ACTION ITEM: Gather all lines in the entries that include the word "static".
(Beginning of SOURCE DATA)
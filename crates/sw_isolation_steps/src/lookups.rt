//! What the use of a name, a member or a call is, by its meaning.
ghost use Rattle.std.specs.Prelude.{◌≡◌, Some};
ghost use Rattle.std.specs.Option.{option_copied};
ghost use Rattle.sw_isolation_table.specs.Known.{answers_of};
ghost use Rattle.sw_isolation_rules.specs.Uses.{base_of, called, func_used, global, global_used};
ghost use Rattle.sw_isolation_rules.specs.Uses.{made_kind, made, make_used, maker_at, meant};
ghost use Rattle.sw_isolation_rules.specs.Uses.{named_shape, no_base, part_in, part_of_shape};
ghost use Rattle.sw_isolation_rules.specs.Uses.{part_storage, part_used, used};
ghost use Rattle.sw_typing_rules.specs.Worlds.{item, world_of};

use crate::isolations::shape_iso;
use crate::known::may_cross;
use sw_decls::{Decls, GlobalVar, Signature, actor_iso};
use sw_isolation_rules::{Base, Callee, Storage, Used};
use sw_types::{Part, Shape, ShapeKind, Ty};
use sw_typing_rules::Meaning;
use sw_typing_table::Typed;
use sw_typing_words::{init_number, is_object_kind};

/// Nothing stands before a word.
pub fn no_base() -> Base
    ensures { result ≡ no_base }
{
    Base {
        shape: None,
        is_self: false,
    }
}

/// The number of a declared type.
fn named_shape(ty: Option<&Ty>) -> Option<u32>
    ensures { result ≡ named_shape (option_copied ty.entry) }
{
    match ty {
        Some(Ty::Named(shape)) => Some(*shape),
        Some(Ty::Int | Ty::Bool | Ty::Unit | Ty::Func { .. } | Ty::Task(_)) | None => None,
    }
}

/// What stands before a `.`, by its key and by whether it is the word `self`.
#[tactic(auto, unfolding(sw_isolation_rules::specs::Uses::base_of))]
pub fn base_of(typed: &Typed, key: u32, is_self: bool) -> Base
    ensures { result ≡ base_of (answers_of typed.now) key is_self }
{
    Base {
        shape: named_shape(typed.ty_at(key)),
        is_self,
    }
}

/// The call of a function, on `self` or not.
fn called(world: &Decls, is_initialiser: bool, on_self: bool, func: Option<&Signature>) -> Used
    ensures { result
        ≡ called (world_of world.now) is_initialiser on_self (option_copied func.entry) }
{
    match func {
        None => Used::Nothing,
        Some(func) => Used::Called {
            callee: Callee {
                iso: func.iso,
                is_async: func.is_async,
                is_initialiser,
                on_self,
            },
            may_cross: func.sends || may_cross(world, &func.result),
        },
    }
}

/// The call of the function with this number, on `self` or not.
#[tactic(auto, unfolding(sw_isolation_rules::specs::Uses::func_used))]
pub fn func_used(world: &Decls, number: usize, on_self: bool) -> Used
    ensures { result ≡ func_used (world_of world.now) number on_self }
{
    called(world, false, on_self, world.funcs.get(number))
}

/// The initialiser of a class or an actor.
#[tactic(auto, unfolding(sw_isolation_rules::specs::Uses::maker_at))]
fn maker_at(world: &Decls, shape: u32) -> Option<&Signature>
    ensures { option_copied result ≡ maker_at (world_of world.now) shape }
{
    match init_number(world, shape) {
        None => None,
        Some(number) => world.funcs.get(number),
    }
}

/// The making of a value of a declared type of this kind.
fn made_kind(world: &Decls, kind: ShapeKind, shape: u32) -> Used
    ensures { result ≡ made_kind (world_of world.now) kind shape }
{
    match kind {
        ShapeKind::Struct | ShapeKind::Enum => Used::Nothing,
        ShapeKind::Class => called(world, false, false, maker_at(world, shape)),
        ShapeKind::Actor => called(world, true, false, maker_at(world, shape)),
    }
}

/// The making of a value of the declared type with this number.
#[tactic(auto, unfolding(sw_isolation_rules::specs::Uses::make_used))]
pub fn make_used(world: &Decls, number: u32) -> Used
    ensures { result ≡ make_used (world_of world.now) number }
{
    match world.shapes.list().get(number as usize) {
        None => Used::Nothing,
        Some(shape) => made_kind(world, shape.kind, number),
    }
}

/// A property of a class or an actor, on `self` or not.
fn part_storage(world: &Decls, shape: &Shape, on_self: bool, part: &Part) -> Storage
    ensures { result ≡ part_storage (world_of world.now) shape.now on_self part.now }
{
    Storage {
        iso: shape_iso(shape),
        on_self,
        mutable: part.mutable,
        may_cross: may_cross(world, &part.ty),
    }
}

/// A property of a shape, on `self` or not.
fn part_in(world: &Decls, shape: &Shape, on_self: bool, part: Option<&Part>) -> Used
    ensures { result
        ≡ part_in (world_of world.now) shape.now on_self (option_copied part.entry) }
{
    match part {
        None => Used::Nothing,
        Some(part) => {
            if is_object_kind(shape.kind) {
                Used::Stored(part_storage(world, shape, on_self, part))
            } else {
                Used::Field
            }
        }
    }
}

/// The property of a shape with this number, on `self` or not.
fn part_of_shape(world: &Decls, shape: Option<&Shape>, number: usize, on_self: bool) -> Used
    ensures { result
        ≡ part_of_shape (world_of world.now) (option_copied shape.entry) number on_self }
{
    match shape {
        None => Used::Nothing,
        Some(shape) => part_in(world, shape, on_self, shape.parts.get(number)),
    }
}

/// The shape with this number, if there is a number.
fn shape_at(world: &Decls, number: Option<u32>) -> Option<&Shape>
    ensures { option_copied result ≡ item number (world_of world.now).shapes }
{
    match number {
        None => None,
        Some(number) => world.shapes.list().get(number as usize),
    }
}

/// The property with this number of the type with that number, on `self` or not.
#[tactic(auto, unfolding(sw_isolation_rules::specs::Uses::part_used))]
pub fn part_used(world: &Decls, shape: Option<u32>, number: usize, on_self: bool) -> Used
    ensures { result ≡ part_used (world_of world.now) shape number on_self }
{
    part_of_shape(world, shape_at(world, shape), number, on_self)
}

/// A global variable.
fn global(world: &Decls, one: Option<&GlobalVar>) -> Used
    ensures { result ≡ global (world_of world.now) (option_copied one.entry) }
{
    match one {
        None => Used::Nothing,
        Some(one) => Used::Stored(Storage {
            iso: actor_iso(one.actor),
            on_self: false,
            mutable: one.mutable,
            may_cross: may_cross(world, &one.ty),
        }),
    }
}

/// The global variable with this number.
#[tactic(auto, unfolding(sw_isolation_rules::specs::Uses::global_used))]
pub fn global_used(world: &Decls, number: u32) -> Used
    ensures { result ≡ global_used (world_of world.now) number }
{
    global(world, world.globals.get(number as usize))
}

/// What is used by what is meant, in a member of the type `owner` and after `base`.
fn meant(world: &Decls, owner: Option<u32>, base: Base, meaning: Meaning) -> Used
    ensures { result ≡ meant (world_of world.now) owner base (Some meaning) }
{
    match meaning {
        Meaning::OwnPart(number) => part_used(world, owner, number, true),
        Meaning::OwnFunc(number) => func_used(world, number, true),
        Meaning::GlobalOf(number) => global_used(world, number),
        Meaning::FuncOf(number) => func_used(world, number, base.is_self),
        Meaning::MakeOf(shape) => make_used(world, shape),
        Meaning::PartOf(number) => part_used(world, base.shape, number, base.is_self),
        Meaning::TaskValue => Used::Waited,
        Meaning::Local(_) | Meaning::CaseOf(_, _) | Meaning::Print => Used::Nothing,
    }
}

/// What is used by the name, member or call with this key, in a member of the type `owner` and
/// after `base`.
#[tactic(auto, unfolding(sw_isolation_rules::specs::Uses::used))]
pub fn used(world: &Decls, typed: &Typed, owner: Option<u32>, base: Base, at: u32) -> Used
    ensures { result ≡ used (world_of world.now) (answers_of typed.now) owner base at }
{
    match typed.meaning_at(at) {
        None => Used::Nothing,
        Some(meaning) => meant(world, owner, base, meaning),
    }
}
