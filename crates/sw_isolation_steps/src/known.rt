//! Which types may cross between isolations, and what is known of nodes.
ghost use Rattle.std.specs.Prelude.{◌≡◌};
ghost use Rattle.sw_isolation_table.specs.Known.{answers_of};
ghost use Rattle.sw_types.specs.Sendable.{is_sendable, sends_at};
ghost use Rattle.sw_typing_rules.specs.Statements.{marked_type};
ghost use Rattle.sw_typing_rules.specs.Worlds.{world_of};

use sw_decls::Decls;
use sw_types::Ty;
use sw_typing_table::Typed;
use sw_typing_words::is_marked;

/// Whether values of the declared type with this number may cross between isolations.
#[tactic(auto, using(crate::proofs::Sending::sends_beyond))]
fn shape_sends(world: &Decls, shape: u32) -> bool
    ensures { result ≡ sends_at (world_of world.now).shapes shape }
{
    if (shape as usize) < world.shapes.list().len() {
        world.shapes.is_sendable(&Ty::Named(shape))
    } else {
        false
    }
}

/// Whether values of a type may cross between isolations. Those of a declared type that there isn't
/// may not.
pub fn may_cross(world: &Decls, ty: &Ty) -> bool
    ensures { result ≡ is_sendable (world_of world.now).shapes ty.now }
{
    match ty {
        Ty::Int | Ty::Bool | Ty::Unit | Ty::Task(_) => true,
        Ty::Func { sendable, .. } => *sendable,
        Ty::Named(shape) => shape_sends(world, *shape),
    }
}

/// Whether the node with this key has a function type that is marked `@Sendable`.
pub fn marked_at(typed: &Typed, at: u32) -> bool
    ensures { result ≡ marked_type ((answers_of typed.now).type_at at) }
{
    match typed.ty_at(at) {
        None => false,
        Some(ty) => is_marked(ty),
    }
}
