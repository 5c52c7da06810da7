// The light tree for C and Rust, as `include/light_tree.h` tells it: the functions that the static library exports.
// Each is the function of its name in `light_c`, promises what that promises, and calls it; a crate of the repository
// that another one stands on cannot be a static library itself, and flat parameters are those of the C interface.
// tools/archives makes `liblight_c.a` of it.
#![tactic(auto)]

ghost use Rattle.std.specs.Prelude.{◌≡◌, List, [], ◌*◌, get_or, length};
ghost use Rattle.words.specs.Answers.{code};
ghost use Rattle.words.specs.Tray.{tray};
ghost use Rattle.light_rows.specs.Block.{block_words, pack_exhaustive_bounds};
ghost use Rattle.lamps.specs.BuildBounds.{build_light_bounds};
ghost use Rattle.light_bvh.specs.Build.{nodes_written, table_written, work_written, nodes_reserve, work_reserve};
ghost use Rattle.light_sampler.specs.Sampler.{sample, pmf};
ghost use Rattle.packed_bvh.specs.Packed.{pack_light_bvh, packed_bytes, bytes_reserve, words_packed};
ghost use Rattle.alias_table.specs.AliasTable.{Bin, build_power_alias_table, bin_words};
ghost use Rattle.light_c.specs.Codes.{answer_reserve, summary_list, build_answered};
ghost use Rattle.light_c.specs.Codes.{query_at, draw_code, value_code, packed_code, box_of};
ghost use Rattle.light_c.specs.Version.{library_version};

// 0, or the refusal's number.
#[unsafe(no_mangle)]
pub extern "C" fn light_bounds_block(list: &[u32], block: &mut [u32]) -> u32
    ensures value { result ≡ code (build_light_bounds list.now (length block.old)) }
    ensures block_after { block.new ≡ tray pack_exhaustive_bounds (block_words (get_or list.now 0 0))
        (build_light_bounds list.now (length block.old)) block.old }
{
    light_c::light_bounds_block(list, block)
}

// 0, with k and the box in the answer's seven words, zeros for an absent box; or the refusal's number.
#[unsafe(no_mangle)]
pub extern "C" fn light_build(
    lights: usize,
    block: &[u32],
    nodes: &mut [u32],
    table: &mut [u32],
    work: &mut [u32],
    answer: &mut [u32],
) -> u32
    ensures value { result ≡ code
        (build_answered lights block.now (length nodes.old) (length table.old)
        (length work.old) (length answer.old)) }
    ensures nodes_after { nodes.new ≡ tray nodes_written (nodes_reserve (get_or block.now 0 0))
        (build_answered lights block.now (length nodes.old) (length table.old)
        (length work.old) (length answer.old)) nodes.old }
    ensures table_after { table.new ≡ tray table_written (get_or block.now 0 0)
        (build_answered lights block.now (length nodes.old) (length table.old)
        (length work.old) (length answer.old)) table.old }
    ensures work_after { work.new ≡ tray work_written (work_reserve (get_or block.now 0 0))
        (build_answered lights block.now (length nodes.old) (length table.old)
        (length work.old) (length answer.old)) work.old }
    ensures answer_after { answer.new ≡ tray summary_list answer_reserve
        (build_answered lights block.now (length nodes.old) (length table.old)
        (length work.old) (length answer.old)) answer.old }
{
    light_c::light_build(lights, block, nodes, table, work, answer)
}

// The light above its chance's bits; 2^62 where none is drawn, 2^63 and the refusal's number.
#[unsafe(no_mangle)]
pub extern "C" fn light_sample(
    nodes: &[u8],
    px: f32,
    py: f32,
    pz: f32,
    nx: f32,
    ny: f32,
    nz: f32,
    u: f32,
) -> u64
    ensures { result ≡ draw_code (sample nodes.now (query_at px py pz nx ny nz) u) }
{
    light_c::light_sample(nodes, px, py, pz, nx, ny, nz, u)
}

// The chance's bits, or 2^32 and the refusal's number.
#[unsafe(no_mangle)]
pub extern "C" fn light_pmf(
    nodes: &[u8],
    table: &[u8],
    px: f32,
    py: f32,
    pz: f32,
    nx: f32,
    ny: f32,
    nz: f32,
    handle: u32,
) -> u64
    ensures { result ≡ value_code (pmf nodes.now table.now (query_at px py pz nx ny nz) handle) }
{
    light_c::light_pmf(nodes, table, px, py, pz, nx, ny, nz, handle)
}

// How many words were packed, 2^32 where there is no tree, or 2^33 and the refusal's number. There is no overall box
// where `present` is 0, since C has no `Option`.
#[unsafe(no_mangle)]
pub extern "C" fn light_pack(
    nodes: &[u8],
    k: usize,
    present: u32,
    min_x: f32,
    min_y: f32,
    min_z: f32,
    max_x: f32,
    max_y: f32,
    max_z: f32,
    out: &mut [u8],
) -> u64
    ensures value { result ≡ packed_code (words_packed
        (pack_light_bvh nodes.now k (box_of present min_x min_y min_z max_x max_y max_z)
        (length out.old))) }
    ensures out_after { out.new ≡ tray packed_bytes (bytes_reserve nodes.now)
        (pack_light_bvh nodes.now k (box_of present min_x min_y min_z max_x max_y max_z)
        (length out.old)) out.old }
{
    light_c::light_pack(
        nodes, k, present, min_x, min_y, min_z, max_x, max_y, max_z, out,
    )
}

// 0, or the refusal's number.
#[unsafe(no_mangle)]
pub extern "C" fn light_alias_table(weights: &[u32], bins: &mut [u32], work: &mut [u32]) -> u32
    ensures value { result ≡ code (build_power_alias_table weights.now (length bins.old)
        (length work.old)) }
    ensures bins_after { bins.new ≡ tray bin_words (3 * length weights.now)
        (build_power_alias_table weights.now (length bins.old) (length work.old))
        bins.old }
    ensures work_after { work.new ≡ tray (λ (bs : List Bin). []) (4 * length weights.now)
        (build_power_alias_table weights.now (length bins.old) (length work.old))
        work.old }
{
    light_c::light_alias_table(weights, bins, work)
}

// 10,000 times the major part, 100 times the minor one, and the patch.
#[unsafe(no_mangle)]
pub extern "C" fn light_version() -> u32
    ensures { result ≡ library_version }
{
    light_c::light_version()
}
(End of SOURCE DATA)
ANSWER:
// The light tree for C and Rust, as `include/light_tree.h` tells it: the functions that the static library exports.
// that another one stands on cannot be a static library itself, and flat parameters are those of the C interface.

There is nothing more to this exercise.